There seems to be an intermittent problem with the "Bidirectional extension of seeds" step.

I am performing de novo assembly of several bacterial genomes sequenced on Illumina HiSeq (101 bp, paired-end, 3.27 M pairs per genome) using Ray v2.0.0-rc8. Most of the assemblies do just fine, but every now and then I get one that gets stuck in some sort of loop during the bidirectional extension of seeds step. Usually an assembly takes ~ 1hr 50min, but I had one that started around midnight and by 9:30 this morning was still running.
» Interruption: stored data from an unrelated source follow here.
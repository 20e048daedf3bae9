//! Prices of actions.

ghost use Rattle.std.specs.Prelude.{◌≡◌, ◌<◌, ◌^◌, length};
ghost use Rattle.task_kit.specs.Tasks.{price};

use crate::view::TaskView;

pub fn price_of<T: TaskView>(task: &T, action: u32) -> u64
    requires { action < length (T.seen task.now).actions }
    ensures price { result ≡ price (T.seen task.now) action }
    ensures small { result < 2 ^ 32 }
{
    match task.cost(action) {
        None => 0,
        Some(cost) => cost as u64,
    }
}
I killed it with this as the final few lines of output:

... Speed RAY_SLAVE_MODE_EXTENSION 2803 units/second Rank 2: assembler memory usage: 0 KiB Rank 2 reached 76880500 vertices from seed 285, flow 1 Speed RAY_SLAVE_MODE_EXTENSION 3150 units/second Rank 2: assembler memory usage: 0 KiB Rank 2 reached 76880600 vertices from seed 285, flow 1 Speed RAY_SLAVE_MODE_EXTENSION 2778 units/second Rank 2: assembler memory usage: 0 KiB Rank 2 reached 76880700 vertices from seed 285, flow 1 Speed RAY_SLAVE_MODE_EXTENSION 2674 units/second Rank 2: assembler memory usage: 0 KiB Rank 2 reached 76880800 vertices from seed 285, flow 1 Speed RAY_SLAVE_MODE_EXTENSION 2680 units/second Rank 2: assembler memory usage: 0 KiB Rank 2 reached 76880900 vertices from seed 285, flow 1 Speed RAY_SLAVE_MODE_EXTENSION 2769 units/second Rank 2: assembler memory usage: 0 KiB Rank 2 reached 76881000 vertices from seed 285, flow 1 Speed RAY_SLAVE_MODE_EXTENSION 2813 units/second Rank 2: assembler memory usage: 0 KiB Rank 2 reached 76881100 vertices from seed 285, flow 1 Speed RAY_SLAVE_MODE_EXTENSION 2794 units/second Rank 2: assembler memory usage: 0 KiB Rank 2 reached 76881200 vertices from seed 285, flow 1 Speed RAY_SLAVE_MODE_EXTENSION 2844 units/second Rank 2: assembler memory usage: 0 KiB Rank 2 reached 76881300 vertices from seed 285, flow 1 Speed RAY_SLAVE_MODE_EXTENSION 2718 units/second Rank 2: assembler memory usage: 0 KiB Rank 2 reached 76881400 vertices from seed 285, flow 1 Speed RAY_SLAVE_MODE_EXTENSION 2926 units/second Rank 2: assembler memory usage: 0 KiB Rank 2 reached 76881500 vertices from seed 285, flow 1 Speed RAY_SLAVE_MODE_EXTENSION 2720 units/second Rank 2: assembler memory usage: 0 KiB 15 total processes killed (some possibly by mpiexec during cleanup)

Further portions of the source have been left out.